»»

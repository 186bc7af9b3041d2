// The words that an instruction moves together (JVMS 2.11.1, 6.5).
ghost use Rattle.std.specs.Prelude.{◌≡◌, IfOk};

use crate::Value;
use jv_base::M;

/// At most two words: none, a value of one word or of two, or two values of one word.
#[derive(Drop)]
pub(crate) enum Words {
    NoWord,
    OneValue(Value),
    TwoValues { upper: Value, lower: Value },
}

impl Words {
    /// The same once more.
    pub(crate) fn copied(&self) -> M<Words>
        ensures { IfOk result (λ words. words ≡ self.now) }
    {
        match self {
            Words::NoWord => Ok(Words::NoWord),
            Words::OneValue(value) => Ok(Words::OneValue(value.clone()?)),
            Words::TwoValues { upper, lower } => copied_pair(upper, lower),
        }
    }
}

fn copied_pair(upper: &Value, lower: &Value) -> M<Words>
    ensures { IfOk result (λ words. words ≡ Words.TwoValues upper.now lower.now) }
{
    let upper = upper.clone()?;
    let lower = lower.clone()?;
    Ok(Words::TwoValues { upper, lower })
}
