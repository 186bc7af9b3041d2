//! The calls of `why_kept` under their own contracts, for edits that put wrong bodies in place of the calls.
#![tactic(auto)]

ghost use Rattle.std.specs.Prelude.{◌<◌, ◌↔◌, IfOk, IsTrue};
ghost use Rattle.mark_core.specs.Marks.{IsMarked};
ghost use Rattle.mark_core.specs.Valid.{Valid};
ghost use Rattle.why_kept.specs.Levels.{AreLeast, HasLevel, IsCertified};
ghost use Rattle.why_kept.specs.Steps.{AreSteps};

use jv_base::{Items, M};
use mark_core::System;
use std::alloc::Global;
use why_kept::Reasons;

/// `why` of `why_kept`.
pub fn why(alloc: Global, sys: &System, id: u32) -> M<Reasons>
    requires valid { Valid sys.now }
    requires below { id < sys.now.n }
    ensures certified { IfOk result (λ r. IsCertified sys.now r.levels) }
    ensures least { IfOk result (λ r. AreLeast sys.now r.levels) }
    ensures marked { IfOk result (λ r. HasLevel sys.now r.levels id ↔ IsMarked sys.now id) }
    ensures steps { IfOk result (λ r. AreSteps sys.now r.levels id r.steps) }
{
    why_kept::why(alloc, sys, id)
}

/// `levels_ok` of `why_kept`.
pub fn levels_ok(sys: &System, levels: &Items<u32>) -> bool
    requires { Valid sys.now }
    ensures { IsTrue result ↔ IsCertified sys.now levels.now }
{
    why_kept::levels_ok(sys, levels)
}
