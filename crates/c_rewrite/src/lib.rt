// An image written again, for C.
#![tactic(auto)]

ghost use Rattle.std.specs.Prelude.{length};
ghost use Rattle.writer_again.specs.Rewrite.{rewrite_reply, rewrite_left};
ghost use Rattle.c_reply.specs.Replies.{AnswersC};

use c_reply::{Reply, reply_of};

// The image's record, with its own checkint.
pub fn saltorchard_rewrite(image: &[u8], out: &mut [u8]) -> Reply
    ensures { AnswersC (rewrite_reply image.now (length out.old)) (rewrite_left image.now out.old) result out.new }
{
    reply_of(writer_again::rewrite(image, out))
}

««

DIRECTIONS - In this exercise, reproduce each line above exactly.

SOLUTION FOR THIS TASK -
repository 186bc7af9b3041d2
// The words that an instruction moves together (JVMS 2.11.1, 6.5).
ghost use Rattle.std.specs.Prelude.{◌≡◌, IfOk};

use crate::Value;
use jv_base::M;

/// At most two words: none, a value of one word or of two, or two values of one word.
#[derive(Drop)]
pub(crate) enum Words {
    NoWord,
    OneValue(Value),
    TwoValues { upper: Value, lower: Value },
}

impl Words {
    /// The same once more.
    pub(crate) fn copied(&self) -> M<Words>
        ensures { IfOk result (λ words. words ≡ self.now) }
    {
        match self {
            Words::NoWord => Ok(Words::NoWord),
            Words::OneValue(value) => Ok(Words::OneValue(value.clone()?)),
            Words::TwoValues { upper, lower } => copied_pair(upper, lower),
        }
    }
}

fn copied_pair(upper: &Value, lower: &Value) -> M<Words>
    ensures { IfOk result (λ words. words ≡ Words.TwoValues upper.now lower.now) }
{
    let upper = upper.clone()?;
    let lower = lower.clone()?;
    Ok(Words::TwoValues { upper, lower })
}
repository 186bc7af9b3041d2
//! The calls of `why_kept` under their own contracts, for edits that put wrong bodies in place of the calls.
#![tactic(auto)]

ghost use Rattle.std.specs.Prelude.{◌<◌, ◌↔◌, IfOk, IsTrue};
ghost use Rattle.mark_core.specs.Marks.{IsMarked};
ghost use Rattle.mark_core.specs.Valid.{Valid};
ghost use Rattle.why_kept.specs.Levels.{AreLeast, HasLevel, IsCertified};
ghost use Rattle.why_kept.specs.Steps.{AreSteps};

use jv_base::{Items, M};
use mark_core::System;
use std::alloc::Global;
use why_kept::Reasons;

/// `why` of `why_kept`.
pub fn why(alloc: Global, sys: &System, id: u32) -> M<Reasons>
    requires valid { Valid sys.now }
    requires below { id < sys.now.n }
    ensures certified { IfOk result (λ r. IsCertified sys.now r.levels) }
    ensures least { IfOk result (λ r. AreLeast sys.now r.levels) }
    ensures marked { IfOk result (λ r. HasLevel sys.now r.levels id ↔ IsMarked sys.now id) }
    ensures steps { IfOk result (λ r. AreSteps sys.now r.levels id r.steps) }
{
    why_kept::why(alloc, sys, id)
}

/// `levels_ok` of `why_kept`.
pub fn levels_ok(sys: &System, levels: &Items<u32>) -> bool
    requires { Valid sys.now }
    ensures { IsTrue result ↔ IsCertified sys.now levels.now }
{
    why_kept::levels_ok(sys, levels)
}
filename crates/c_rewrite/src/lib.rt
// An image written again, for C.
#![tactic(auto)]

ghost use Rattle.std.specs.Prelude.{length};
ghost use Rattle.writer_again.specs.Rewrite.{rewrite_reply, rewrite_left};
ghost use Rattle.c_reply.specs.Replies.{AnswersC};

use c_reply::{Reply, reply_of};

// The image's record, with its own checkint.
pub fn saltorchard_rewrite(image: &[u8], out: &mut [u8]) -> Reply
    ensures { AnswersC (rewrite_reply image.now (length out.old)) (rewrite_left image.now out.old) result out.new }
{
    reply_of(writer_again::rewrite(image, out))
}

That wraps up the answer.